Trans-Impedance Amplifier

From Wikipedia : In electronics, a transimpedance amplifier (TIA) is a current-to-voltage converter, most often implemented using an operational amplifier. The TIA can be used to amplify the current output of Geiger–Müller tubes, photomultiplier tubesphoto detectors and other types of sensors to a usable voltage.
Current-to-voltage converters are used with sensors that have a current response that is more linear than the voltage response. This is the case with photodiodes, where it is not uncommon for the current response to have better than 1% linearity over a wide range of light input. The transimpedance amplifier presents a low impedance to the detector and isolates it from the output voltage of the operational amplifier.
In its simplest form a transimpedance amplifier has just a large-valued feedback resistor, Rf. The gain of the amplifier is set by this resistor and has a value of −Rf (because the amplifier is in an inverting configuration). There are several different configurations of transimpedance amplifiers, each suited to a particular application. The one factor they all have in common is the requirement to convert the low-level current of a sensor to a voltage. The gain, bandwidth, as well as current and voltage offsets, change with different types of sensors, requiring different configurations of transimpedance amplifiers.

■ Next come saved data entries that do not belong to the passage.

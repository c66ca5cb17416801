// What C is given in bytes, every number high byte first: the 36 bytes of an init, and a list of cells.
#![tactic(auto)]

ghost use Rattle.std.specs.Prelude.{◌≡◌, ◌+◌, ◌≤◌, length};
ghost use Rattle.frames.specs.Put.{put};
ghost use Rattle.numbers.specs.Numbers.{four, eight};
ghost use Rattle.layout.specs.Layout.{laid};

use bus::Cursor;
use plan::answer::InitNumbers;

pub mod list;

// Bytes, over those from `at` on.
#[tactic(auto, unfolding(frames::specs::Put::put))]
fn put_bytes(out: &mut [u8], at: usize, bytes: &[u8])
    requires { at + length bytes.now ≤ length out.old }
    ensures { out.new ≡ put out.old at bytes.now }
{
    out[at..at + bytes.len()].copy_from_slice(bytes);
}

fn put4(out: &mut [u8], at: usize, n: u32)
    requires { at + 4 ≤ length out.old }
    ensures { out.new ≡ put out.old at (four n) }
{
    put_bytes(out, at, &numbers::u32_bytes(n));
}

fn put8(out: &mut [u8], at: usize, n: usize)
    requires { at + 8 ≤ length out.old }
    ensures { out.new ≡ put out.old at (eight n) }
{
    put_bytes(out, at, &numbers::u64_bytes(n as u64));
}

pub fn lay_out(out: &mut [u8; 36], at: Cursor, numbers: InitNumbers)
    ensures { out.new ≡ laid at numbers }
{
    put8(out, 0, at.tape);
    put8(out, 8, at.log);
    put4(out, 16, numbers.0);
    put4(out, 20, numbers.1);
    put4(out, 24, numbers.2);
    put4(out, 28, numbers.3);
    put4(out, 32, numbers.4);
}
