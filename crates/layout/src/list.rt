// Millivolts in the caller's bytes: four each, in two's complement, high byte first.
ghost use Rattle.std.specs.Prelude.{◌≡◌, [], ◌∷◌, ◌*◌, ◌≤◌, length};
ghost use Rattle.frames.specs.Put.{put};
ghost use Rattle.layout.specs.Cells.{cell_bytes, has_room, stored_in};

pub fn has_room(n: usize, bytes: usize) -> bool
    ensures { result ≡ has_room n bytes }
{
    n <= 15 && 4 * n <= bytes
}

// All numbers, over the list's first bytes, where there is room.
pub fn put_cells(millivolts: &[i32], list: &mut [u8])
    ensures { list.new ≡ stored_in (length millivolts.now) millivolts.now list.old }
{
    if has_room(millivolts.len(), list.len()) {
        put_numbers(millivolts, list);
    }
}

fn put_numbers(millivolts: &[i32], list: &mut [u8])
    requires { 4 * length millivolts.now ≤ length list.old }
    ensures { list.new ≡ put list.old 0 (cell_bytes millivolts.now) }
{
    for (i, &mv) in millivolts.iter().enumerate() {
        crate::put4(list, 4 * i, numbers::as_u32(mv));
    }
}

pub fn put_three(first: i32, second: i32, third: i32, bytes: &mut [u8; 12])
    ensures { bytes.new ≡ cell_bytes (first ∷ second ∷ third ∷ []) }
{
    put_numbers(&[first, second, third], bytes);
}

For the our TIA we choose the operational amplifier TI OPA354 SMD SOP-8 package. This is a rail-to-rail type amplifier best suited for transimpedance amplifiers applications. It features :

– Wide Bandwidth: 100-MHz GBW
– High Slew Rate: 150 V/µs
– Low Noise: 6.5 nV√Hz

The main applications of our TIA are the amplification of low level signals from radiation  and particles detectors, thus it is important to have a fast and low noise amplifier. the OPA354 chip is a good compromise between cost and performance. For the SMD mounting we used a SMD – DIP adapter. The op-amp has a feedback network with a feedback resistor and a low capacitance to improve stability. In output there is a buffer stage, with the same OPA354 component. The op-amp is single supply and we used a stabilized 3.3 V.

The picture below shows the circuit diagram.

We used the TIA mainly to amplify the signal produced by SiPM based detectors (post Silicon Photomultiplier (SiPM)). The circuit diagram is shown below, it can be seen that the SiPM is inversely biased at a value of about 30 V through a polarization resistor while the signal is sent to the amplifier with a coupling capacitor.

The image below shows the circuitry with the power section at the top and two TIA amplifiers for SiPM at the bottom. All inserted in a metal box to reduce electromagnetic disturbances.

The image below shows the signal traces at oscilloscope produced by SiPM, without amplification, in blue, and the post-amplification signal, in yellow. You see how the signal is amplified by 5-10 times (the gain is adjustable by the feedback resistance) and the pulse duration is very short, about 200 ns.